# Cooking Forum... recipes



## mattwalt (Jan 5, 2017)

Obviously there are a few guys that 'harvest' game with their slingshots.

Would it be worthwhile to have a forum dedicated to preparing and cooking game?


----------



## Tag (Jun 11, 2014)

I am personally not a cook, but It was be interesting to me. I know Old Miser is a fantastic baker. I feel the Forum is a great way to have conversations with other members. Besides I love to eat


----------



## mattwalt (Jan 5, 2017)

Ghosts's swamp cabbage stuffed Gar - or Mikwak's Rabbit stew... I'm not one for hunting (in my current situation that is), but think it could be an interesting breeding ground for a few reasons. The culinary side, which I think would be very cool (I like food... a lot) - but also preparation of game (or foraged veg.) for the pot.

I think there are a large number of younger hunters with accessibility to slingshots (and Youtube) are taking game without much practical hunting knowledge. How to clean a squirrel... how to cook it... What recipe's work great... Should it be soaked in vinegar for at least an hour before baking - good wrapped in bacon and grilled?

This could help promote and preserve, to some extent, responsible practical hunting practice.

And seeing MW"s got his groove back I'm expecting to see his Pigeon pie as the first offering.


----------



## brucered (Dec 30, 2015)

Rule #1: Everything is better on the Grill

Rule #2: When anyone asks what the secret ingredient is, the answer is always bacon.

When in doubt, wrap it and grill it, low & slow over lump charcoal. I'd consider myself a pretty good bbq, smoker, pit guy, so I'd be interested in some recipes.

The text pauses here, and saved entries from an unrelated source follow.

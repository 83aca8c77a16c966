//! What a packet will make of a pair, told before anything is changed.

ghost use Rattle.std.specs.Prelude.{◌≡◌, ◌≤◌, ℕ, [], Some, IfOk, OnErr};
ghost use Rattle.std.specs.List.{list_all};
ghost use Rattle.tipc_header.specs.Grammar.{Fits};
ghost use Rattle.tipc_header.specs.Spelling.{view};
ghost use Rattle.tipc_link.specs.Hearings.{ArrivingState};
ghost use Rattle.tipc_link.specs.Parts.{is_quiet};
ghost use Rattle.tipc_pair.specs.PairOpenings.{are_plain, is_plain};
ghost use Rattle.tipc_pair.specs.Messages.{OpensTo};
ghost use Rattle.tipc_pair.specs.declared.changes.PairOutcome.{PairOutcome};

use crate::changes::{Incoming, PairOutcome};
use crate::leaving::Leaving;
use crate::link_ends::{LinkEnds, is_up};
use crate::transitions::Transition;
use std::alloc::Global;
use tipc_contact::Standing;
use tipc_header::{Header, HeaderContent, Notice, Packet};
use tipc_link::{Arriving, is_tunnel};
use tipc_link_fsm::Change;
use tipc_reassembly::Reassembly;
use tipc_recv_window::LinkOutcome;
use tipc_types::{BroadcastState, NoMemory, Taken, Why};

/// How a packet will change a pair.
#[derive(Drop)]
pub(crate) enum Way {
    /// It shows a contact number below the highest seen, and is passed over.
    Passes,
    /// It takes no link up or down and brings nothing through a tunnel: what its link makes of it, and the message that
    /// is begun then. Nothing else of the pair is copied.
    Quiet(Arriving, Reassembly),
    /// Any other packet: the pair after it, seen from the link that it arrives on, and what is told of it.
    Whole(Box<LinkEnds>, Leaving),
}

impl Way {
    ghost use Rattle.tipc_pair.specs.Preparing.{changes_of};

    /// What will be told of links and contact.
    pub(crate) fn changes(&self) -> &[Transition]
        ensures { result.now ≡ changes_of self.now }
    {
        match self {
            Way::Whole(_, told) => told.changes.as_slice(),
            Way::Quiet(_, _) => &[],
            Way::Passes => &[],
        }
    }
}

impl LinkEnds {
    ghost use Rattle.tipc_pair.specs.Changeovers.{released};
    ghost use Rattle.tipc_pair.specs.Courses.{Course, IsToldOf};
    ghost use Rattle.tipc_pair.specs.Facing.{facing, is_up_at};
    ghost use Rattle.tipc_pair.specs.PairArrivals.{hears, Arrives};
    ghost use Rattle.tipc_pair.specs.PairOpenings.{standing_with, HearsAndOpens, IsQuiet};
    ghost use Rattle.tipc_pair.specs.Preparing.{changes_of, IsPrepared};

    /// How a packet that arrives on a bearer will change the pair, and what it will give.
    ///
    /// # Errors
    ///
    /// Where memory runs out for a packet that isn't a RESET or an ACTIVATE below the highest contact number seen.
    pub(crate) fn prepare(
        &self,
        alloc: Global,
        bearer: u8,
        incoming: &Incoming<'_>,
    ) -> Result<(Way, PairOutcome), NoMemory>
        requires bearer { bearer ≤ 1 }
        requires fits { Fits (view incoming.now.packet) }
        ensures prepared { IfOk result (λ told.
            IsPrepared (facing bearer self.now) incoming.now.sender_epoch incoming.now.receiver_epoch
            (view incoming.now.packet) incoming.now.by incoming.now.shown told.0 told.1) }
        ensures passing { OnErr result (standing_with self.now incoming.now.packet.header ≡ Standing.Lower → ⊥) }
    {
        match self.standing_with(&incoming.packet.header) {
            Standing::Lower => Ok((Way::Passes, PairOutcome::Ignored(Why::Contact))),
            Standing::Higher => self.prepare_in_copy(alloc, bearer, incoming),
            Standing::Same => self.prepare_same(alloc, bearer, incoming),
        }
    }

    /// A packet that shows no contact number, or the highest one: as [`LinkEnds::prepare`].
    fn prepare_same(
        &self,
        alloc: Global,
        bearer: u8,
        incoming: &Incoming<'_>,
    ) -> Result<(Way, PairOutcome), NoMemory>
        requires bearer { bearer ≤ 1 }
        requires fits { Fits (view incoming.now.packet) }
        requires same { standing_with self.now incoming.now.packet.header ≡ Standing.Same }
        ensures { IfOk result (λ told.
            IsPrepared (facing bearer self.now) incoming.now.sender_epoch incoming.now.receiver_epoch
            (view incoming.now.packet) incoming.now.by incoming.now.shown told.0 told.1) }
    {
        let Some(arriving) = self.prepare_quietly(alloc, bearer, incoming)? else {
            return self.prepare_in_copy(alloc, bearer, incoming);
        };
        let mut reassembly = self.reassembly.copy()?;
        let given = opened(alloc, &mut reassembly, arriving.outcome())?;
        Ok((Way::Quiet(arriving, reassembly), given))
    }

    /// Any packet: the pair after it is made beside this one.
    fn prepare_in_copy(
        &self,
        alloc: Global,
        bearer: u8,
        incoming: &Incoming<'_>,
    ) -> Result<(Way, PairOutcome), NoMemory>
        requires bearer { bearer ≤ 1 }
        requires fits { Fits (view incoming.now.packet) }
        ensures { IfOk result (λ told.
            IsPrepared (facing bearer self.now) incoming.now.sender_epoch incoming.now.receiver_epoch
            (view incoming.now.packet) incoming.now.by incoming.now.shown told.0 told.1) }
    {
        let mut event = Leaving::new(alloc);
        let mut next = self.copy()?;
        next.face(bearer);
        let given = next.take_any(alloc, incoming, &mut event)?;
        Ok((Way::Whole(Box::new(alloc, next)?, event), given))
    }

    /// What a packet will make of the link of a bearer, where it takes no link up or down and brings nothing through a
    /// tunnel. None for any other packet.
    fn prepare_quietly(
        &self,
        alloc: Global,
        bearer: u8,
        incoming: &Incoming<'_>,
    ) -> Result<Option<Arriving>, NoMemory>
        requires bearer { bearer ≤ 1 }
        requires fits { Fits (view incoming.now.packet) }
        ensures { IfOk result (λ found. (a : ArrivingState) → found ≡ Some a →
            IsQuiet (facing bearer self.now) incoming.now.sender_epoch incoming.now.receiver_epoch
            (view incoming.now.packet) incoming.now.by a) }
    {
        let Some(link) = self.end_on(bearer) else {
            return Ok(None);
        };
        let arriving = link.prepare(
            alloc,
            incoming.sender_epoch,
            incoming.receiver_epoch,
            &incoming.packet,
            self.is_up_beside(bearer),
            incoming.by,
        )?;
        if !is_quiet(arriving.change()) {
            return Ok(None);
        }
        if !are_plain(arriving.outcome()) {
            return Ok(None);
        }
        Ok(Some(arriving))
    }

    /// Whether the link of the other bearer is up.
    #[tactic(auto, unfolding(crate::specs::Facing::facing))]
    fn is_up_beside(&self, bearer: u8) -> bool
        requires { bearer ≤ 1 }
        ensures { result ≡ is_up_at (facing bearer self.now).far }
    {
        if self.bearer == bearer {
            is_up(&self.far)
        } else {
            is_up(&self.near)
        }
    }

    /// Takes a packet on a bearer, as [`LinkEnds::prepare`] told of it when the pair was as it is. What it tells and
    /// sends is given back.
    pub(crate) fn commit(
        &mut self,
        alloc: Global,
        bearer: u8,
        way: Way,
        packet: &Packet<'_>,
        shown: BroadcastState,
    ) -> Leaving
        requires bearer { bearer ≤ 1 }
        requires prepared { (es : ℕ) × (er : ℕ) × (by : ℕ) × (given : PairOutcome) ×
            IsPrepared (facing bearer self.old) es er (view packet.now) by shown way given }
        ensures told { (es er by : ℕ) (given : PairOutcome) →
            IsPrepared (facing bearer self.old) es er (view packet.now) by shown way given → (c : Course) ×
            Arrives (facing bearer self.old) es er (view packet.now) by shown c given ×
            (self.new ≡ facing self.old.bearer c.pair) × IsToldOf c result }
        ensures changes { result.changes ≡ changes_of way }
        ensures bearer { self.new.bearer ≡ self.old.bearer }
    {
        let before = self.bearer;
        self.face(bearer);
        let told = self.take(alloc, way, packet, shown);
        self.face(before);
        told
    }

    /// The same at the near link.
    fn take(
        &mut self,
        alloc: Global,
        way: Way,
        packet: &Packet<'_>,
        shown: BroadcastState,
    ) -> Leaving
        requires prepared { (es : ℕ) × (er : ℕ) × (by : ℕ) × (given : PairOutcome) ×
            IsPrepared self.old es er (view packet.now) by shown way given }
        ensures told { (es er by : ℕ) (given : PairOutcome) →
            IsPrepared self.old es er (view packet.now) by shown way given →
            (c : Course) × Arrives self.old es er (view packet.now) by shown c given × (self.new ≡ c.pair) ×
            IsToldOf c result }
        ensures changes { result.changes ≡ changes_of way }
    {
        match way {
            Way::Passes => self.let_pass(alloc),
            Way::Quiet(arriving, reassembly) => {
                self.take_quietly(alloc, arriving, reassembly, packet, shown)
            }
            Way::Whole(ends, told) => {
                *self = Box::into_inner(ends);
                told
            }
        }
    }

    /// A packet is passed over: either end may be released, as with each call.
    fn let_pass(&mut self, alloc: Global) -> Leaving
        ensures after { self.new ≡ (released self.old).pair }
        ensures told { IsToldOf (released self.old) result }
        ensures quiet { result.changes ≡ [] }
    {
        let mut event = Leaving::new(alloc);
        self.release(alloc, &mut event);
        event
    }

    /// Takes a packet that takes no link up or down and brings nothing through a tunnel.
    fn take_quietly(
        &mut self,
        alloc: Global,
        arriving: Arriving,
        reassembly: Reassembly,
        packet: &Packet<'_>,
        shown: BroadcastState,
    ) -> Leaving
        requires quiet { (es : ℕ) × (er : ℕ) × (by : ℕ) × IsQuiet self.old es er (view packet.now) by arriving }
        requires same { standing_with self.old packet.now.header ≡ Standing.Same }
        ensures told { (es er by : ℕ) (given : PairOutcome) → IsQuiet self.old es er (view packet.now) by arriving →
            OpensTo self.old.begun arriving.hearing.outcome given reassembly →
            (c : Course) × Arrives self.old es er (view packet.now) by shown c given × (self.new ≡ c.pair) ×
            IsToldOf c result }
        ensures quiet { result.changes ≡ [] }
    {
        let mut event = Leaving::new(alloc);
        self.meet_quietly(alloc, arriving, reassembly, packet, shown, &mut event);
        self.release(alloc, &mut event);
        event
    }

    /// Gives such a packet to the near link; this message is begun then.
    fn meet_quietly(
        &mut self,
        alloc: Global,
        arriving: Arriving,
        reassembly: Reassembly,
        packet: &Packet<'_>,
        shown: BroadcastState,
        event: &mut Leaving,
    )
        requires quiet { (es : ℕ) × (er : ℕ) × (by : ℕ) × IsQuiet self.old es er (view packet.now) by arriving }
        requires same { standing_with self.old packet.now.header ≡ Standing.Same }
        ensures told { (es er by : ℕ) (given : PairOutcome) → IsQuiet self.old es er (view packet.now) by arriving →
            OpensTo self.old.begun arriving.hearing.outcome given reassembly →
            HearsAndOpens (hears packet.now.header es er (view packet.now) by shown self.old) given
            self.new event.old event.new }
        ensures quiet { event.new.changes ≡ event.old.changes }
    {
        let Some(link) = &mut self.near else {
            unreachable!()
        };
        link.commit(alloc, arriving, packet, shown, &mut event.out);
        self.reassembly = reassembly;
    }

    /// How the contact number that a packet shows stands to the highest seen. One that shows none stands as the
    /// highest.
    fn standing_with(&self, header: &Header) -> Standing
        ensures { result ≡ standing_with self.now header.now }
    {
        match header.content() {
            HeaderContent::Notice(Notice::Reset(said)) => self.standing(said.contact),
            HeaderContent::Notice(Notice::Activate(said)) => self.standing(said.contact),
            HeaderContent::State(_) => Standing::Same,
            HeaderContent::Numbered => Standing::Same,
            HeaderContent::Discovery => Standing::Same,
        }
    }
}

/// Whether a link stays up or down with this change, and begins no session.
fn is_quiet(change: Change) -> bool
    ensures { result ≡ is_quiet change }
{
    match change {
        Change::Up => false,
        Change::Down(_) => false,
        Change::Stay => true,
        Change::Answer(_) => true,
        Change::Ignore(_) => true,
    }
}

/// Whether all that a link takes is plain.
fn are_plain(outcome: &LinkOutcome) -> bool
    ensures { result ≡ are_plain outcome.now }
{
    match outcome {
        LinkOutcome::Took(taken) => all_plain(taken.as_slice()),
        LinkOutcome::Deferred => true,
        LinkOutcome::Ignored(_) => true,
    }
}

/// Whether each of these packets is plain.
fn all_plain(taken: &[Taken]) -> bool
    ensures { result ≡ list_all is_plain taken.now }
{
    taken.iter().all(|packet| is_plain(packet))
}

/// Whether a packet that was taken has bytes, and is no tunnel packet.
fn is_plain(packet: &Taken) -> bool
    ensures { result ≡ is_plain packet.now }
{
    !packet.packet.is_empty() && !is_tunnel(packet.packet.as_slice())
}

/// Opens what a link made of an arrival.
fn opened(
    alloc: Global,
    reassembly: &mut Reassembly,
    outcome: &LinkOutcome,
) -> Result<PairOutcome, NoMemory>
    ensures ok { IfOk result (λ given. OpensTo reassembly.old outcome.now given reassembly.new) }
    ensures err { OnErr result (reassembly.new ≡ reassembly.old) }
{
    match outcome {
        LinkOutcome::Took(taken) => {
            let opened = reassembly.open(alloc, taken.as_slice())?;
            Ok(PairOutcome::Took(opened))
        }
        LinkOutcome::Deferred => Ok(PairOutcome::Deferred),
        LinkOutcome::Ignored(why) => Ok(PairOutcome::Ignored(*why)),
    }
}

I don't hunt or eat game but I'm guessing most could be applied to chicken, lamb or beef.


----------



## Winnie (Nov 10, 2010)

Sounds great to me. Roast Pigeon anyone?

winnie


----------



## Henry the Hermit (Jun 2, 2010)

Cooking thread is great. Let's see how it goes. If there's enough interest the Admins may create a Forum for us. In the meantime, this fits better in the Hunting Forum, so I'm moving it there.


----------



## Hobbit With A Slingshot (Mar 14, 2017)

Sounds like it would certainly be a wonderful resource! I'm hungry for it already! (Pun intended)


----------



## Ibojoe (Mar 13, 2016)

Can't believe that I missed this thread. Heck yeah Im in. I love huntn cookin and especially eatn! So Matt, you want us to just start posting recipes or prep how to's??


----------



## mattwalt (Jan 5, 2017)

Yeah - get stuck in... pun intended.


----------



## SonoftheRepublic (Jul 3, 2011)

Well then, I have a request for the best way to prepare and cook rattlesnake. I seem to be coming across them fairly often this summer. I have tried just straight-out cooking it cut up in a pan with butter and seasoning, but the end result was rather tough and chewy. I think it needed to be cooked a little slower and by a different method.

Any ideas, recipes?


----------



## SlingNerd (Mar 15, 2017)

I've had some pretty great Snake jerky. I guess it takes pretty well to the process? I say give it a go!


----------



## mattwalt (Jan 5, 2017)

I've heard of snake being ground and used to make fritters from. Maybe it'll make a great burger?


----------



## I like rubber (Jun 12, 2017)

Sausages maybe


----------



## Henry the Hermit (Jun 2, 2010)

Hey guys, where are the recipes? Here's one that tastes similar to Jimmy Dean's Sage Breakfast Sausage.

1 pound ground venison
1 pounds ground feral pig
2 teaspoons dried sage
2 teaspoons salt
1 teaspoon ground black pepper
1/4 teaspoon dried marjoram
1 tablespoon brown sugar
1/8 teaspoon crushed red pepper flakes
1 pinch ground cloves

Enjoy.

*OK, I realize it may be a bit difficult to take deer and wild pig with a slingshot, but we have to start somewhere.


----------



## mattwalt (Jan 5, 2017)

HtH - thats a nice recipe - Does the feral pig contain enough fat to balance the venison? Warthog is very dry, almost no fat - so tend to think of feral pig as being similar.

Should be good tasting.

You tried adding dried apricot and roasted crushed coriander seeds to that?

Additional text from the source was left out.